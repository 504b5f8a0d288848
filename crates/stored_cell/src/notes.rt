// The history of what was viewed and of what was committed.
ghost use Rattle.std.specs.Prelude.{◌≡◌, IfSome};
ghost use Rattle.sqlite.specs.Held.{state};
ghost use Rattle.stored_cell.specs.Noted.{all_rows, is_shown};

use delivery_machine::Snapshot;
use marks::{Asks, Blank, Mark, Marker, Naming, Unnamed};
use sqlite::{Alter, Connection};
use std::marker::{Model, PhantomData};

/// What a mark names: what is kept of a topic, or the rows that a commit left. It is only spoken of: no
/// program makes one.
#[derive(Drop)]
pub struct Note {
    of: PhantomData<u64>,
}

impl Model for Note {
    ghost use Rattle.std.specs.Coded.{codes};
    ghost use Rattle.delivery_machine.specs.Codes.{coded_places, coded_counts};
    ghost use Rattle.stored_cell.specs.Noted.{Noted, nothing_kept};
    ghost use Rattle.row_forms.specs.Forms.{no_rows};
    ghost use Rattle.std.specs.Prelude.{false};

    ghost Value = { Noted };

    ghost coded = { Prim.hlevel (codes, coded_places, coded_counts) };

    ghost view = { λ n. record { kept = nothing_kept; rows = no_rows; clean = false } };
}

impl Blank for Note {
    ghost use Rattle.stored_cell.specs.Noted.{nothing_kept};
    ghost use Rattle.row_forms.specs.Forms.{no_rows};
    ghost use Rattle.std.specs.Prelude.{false};

    ghost blank = { record { kept = nothing_kept; rows = no_rows; clean = false } };
}

/// What a snapshot is noted as.
struct Viewed;

impl Asks<Snapshot, Note> for Viewed {
    ghost use Rattle.row_forms.specs.Forms.{no_rows};
    ghost use Rattle.std.specs.Prelude.{false};

    ghost ask = { λ snapshot. record { kept = snapshot; rows = no_rows; clean = false } };
}

/// What a database is noted as: what it has committed.
struct Committed;

impl<S: Alter> Asks<Connection<S>, Note> for Committed {
    ghost use Rattle.sqlite.specs.Held.{state};
    ghost use Rattle.stored_cell.specs.Noted.{nothing_kept, all_rows, is_shown};

    ghost ask = { λ conn. record { kept = nothing_kept; rows = all_rows (state S.Store conn).committed.trees; clean = is_shown (state S.Store conn) } };
}

/// Draws the marks of the history of `J`: of snapshots, and of what a database has committed. Nothing
/// else is noted in it.
pub struct Notes<J: Naming> {
    marker: Marker<Note, J>,
}

impl<J: Naming> Drop for Notes<J> {
    fn drop(self) {
        let Notes { marker: _ } = self;
    }
}

impl<J: Naming> Notes<J> {
    pub fn new(history: Unnamed<Note>) -> Notes<J>
        requires { history ≡ J.book }
    {
        Notes {
            marker: history.named::<J>(),
        }
    }

    /// A mark for the snapshot. There is none where 2^62 were drawn.
    pub fn view(&mut self, snapshot: &Snapshot) -> Option<Mark<Note, J>>
        ensures { IfSome result (λ mark. mark.kept ≡ snapshot.now) }
    {
        self.marker.mark::<Snapshot, Viewed>(snapshot)
    }

    /// A mark for the rows that the database has committed. There is none where 2^62 were drawn.
    pub fn commit<S: Alter>(&mut self, conn: &Connection<S>) -> Option<Mark<Note, J>>
        ensures rows { IfSome result (λ mark. mark.rows ≡ all_rows (state S.Store conn.now).committed.trees) }
        ensures clean { IfSome result (λ mark. mark.clean ≡ is_shown (state S.Store conn.now)) }
    {
        self.marker.mark::<Connection<S>, Committed>(conn)
    }
}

## WHAT THE EXERCISE ASKS:
The string "Connection": state how many lines above contain it, giving nothing but the number.

## COMPLETED TASK:
4